• _Input data_:

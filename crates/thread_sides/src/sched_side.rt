//! The scheduler with its ends of the queues.
ghost use Rattle.std.specs.Prelude.{◌≡◌, [], false, replicate};
ghost use Rattle.schedulers.specs.reassign.Scheduler.{IsNewScheduler};
ghost use Rattle.thread_sides.specs.SchedReplay.{WasInSide};

use crate::accepting::is_acceptable;
use crate::events::SchedEvent;
use crate::id_flags::IdFlags;
use crate::laws::requests_that_pass_are_acceptable;
use crate::names::{OpensScheduler, PartNames};
use blk_base::NoMemory;
use order_model::{Command, Inlet, Outlet, Request};
use schedulers::dispatch::{RequestEnd, SendEnd};
use schedulers::reassign::{CAPACITY, Scheduler};
use std::alloc::Global;
use std::marker::Model;
use std::sync::Wait;

/// The scheduler of a session, its two ends of the queues, and its events.
///
/// A command that the full queue refused is kept here, and is the next that is sent. A request that the scheduler may not be
/// given is put aside, and no further one is taken then.
pub struct SchedSide<'a, S: Scheduler + OpensScheduler, N: PartNames, H: Wait> {
    sched: S,
    flags: IdFlags,
    kept: Option<Command>,
    unfit: Option<Request>,
    from: RequestEnd<'a, N, H>,
    out: SendEnd<'a, N, H>,
    events: Vec<SchedEvent>,
}

impl<'a, S: Scheduler + OpensScheduler, N: PartNames, H: Wait> Model for SchedSide<'a, S, N, H> {
    ghost use Rattle.thread_sides.specs.SchedReplay.{SchedSideSeen, IsSchedReplay};

    ghost Value = { SchedSideSeen };

    ghost view = { λ s. record { seen = S.steps.seen (S.state s.sched); events = s.events.items; sent = s.out.passed; taken = s.from.passed } };

    ghost invariant = { λ s. IsSchedReplay S.steps (S.state (S.opened N.setup.limit)) (record { now = record { sched = S.state s.sched; flags = s.flags; kept = s.kept; unfit = s.unfit }; events = s.events.items; sent = s.out.passed; taken = s.from.passed }) };
}

impl<'a, S: Scheduler + OpensScheduler, N: PartNames, H: Wait> SchedSide<'a, S, N, H> {
    /// The side of the scheduler that the session opens, with one flag for each id.
    pub fn open(
        alloc: Global,
        sched: S,
        flags: IdFlags,
        from: RequestEnd<'a, N, H>,
        out: SendEnd<'a, N, H>,
    ) -> SchedSide<'a, S, N, H>
        requires opened { S.state sched ≡ S.state (S.opened N.setup.limit) }
        requires new { IsNewScheduler N.setup.limit CAPACITY (S.steps.seen (S.state sched)) }
        requires flags { flags ≡ replicate N.setup.limit false }
        requires ends { (from.passed ≡ []) × (out.passed ≡ []) }
        ensures seen { result.seen ≡ S.steps.seen (S.state sched) }
        ensures events { result.events ≡ [] }
    {
        SchedSide {
            sched,
            flags,
            kept: None,
            unfit: None,
            from,
            out,
            events: Vec::new(alloc),
        }
    }

    /// The scheduler takes the next request, where it can accept one and there is one. Tells whether anything was done.
    pub fn accept(&mut self) -> Result<bool, NoMemory> {
        requests_that_pass_are_acceptable();
        self.events.reserve(1)?;
        if self.unfit.is_some() || !self.sched.can_accept() {
            return Ok(false);
        }
        let accepted = self.sched.trace().accepted.len();
        let Some(request) = self.from.take() else {
            return Ok(false);
        };
        if is_acceptable(&self.flags, accepted, &request) {
            self.flags.mark(request.id);
            let _ = self.sched.accept(request);
            self.events.push_reserved(SchedEvent::Accept);
        } else {
            self.unfit = Some(request);
            self.events.push_reserved(SchedEvent::Accept);
        }
        Ok(true)
    }

    /// The command that is kept is sent, or else the one of the scheduler's pick. Tells whether anything was done.
    pub fn dispatch(&mut self, pick: u32) -> Result<bool, NoMemory> {
        self.events.reserve(1)?;
        if let Some(command) = self.kept.take() {
            return match self.out.put(command) {
                Ok(()) => {
                    self.events.push_reserved(SchedEvent::Dispatch(pick, false));
                    Ok(true)
                }
                Err(back) => {
                    self.kept = Some(back);
                    Ok(false)
                }
            };
        }
        // Without this call nothing is known of the scheduler's state.
        let _ = self.sched.can_accept();
        if pick >= self.sched.eligible() {
            return Ok(false);
        }
        let Some(command) = self.sched.dispatch(pick) else {
            return Ok(false);
        };
        match self.out.put(command) {
            Ok(()) => self.events.push_reserved(SchedEvent::Dispatch(pick, false)),
            Err(back) => {
                self.kept = Some(back);
                self.events.push_reserved(SchedEvent::Dispatch(pick, true));
            }
        }
        Ok(true)
    }

    /// As `dispatch` does, with the pick that this word gives.
    pub fn dispatch_word(&mut self, word: u32) -> Result<bool, NoMemory> {
        let count = self.sched.eligible();
        let pick = if count == 0 { 0 } else { word % count };
        self.dispatch(pick)
    }

    pub fn sched(&self) -> &S
        ensures { S.steps.seen (S.state result.now) ≡ self.now.seen }
    {
        &self.sched
    }

    pub fn events(&self) -> &[SchedEvent]
        ensures { result.now ≡ self.now.events }
    {
        self.events.as_slice()
    }

    /// Takes the side apart.
    pub fn into_parts(self) -> (S, Vec<SchedEvent>, RequestEnd<'a, N, H>, SendEnd<'a, N, H>)
        ensures side { WasInSide S.steps (S.state (S.opened N.setup.limit)) (S.state result.0) result.1.items result.3.passed result.2.passed }
        ensures seen { S.steps.seen (S.state result.0) ≡ self.entry.seen }
    {
        let SchedSide {
            sched,
            flags: _,
            kept: _,
            unfit: _,
            from,
            out,
            events,
        } = self;
        (sched, events, from, out)
    }
}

• _Work order_:
For the material, work out how many lines hold the string "record". Your reply must be the number alone.

• _Result of the task_:
2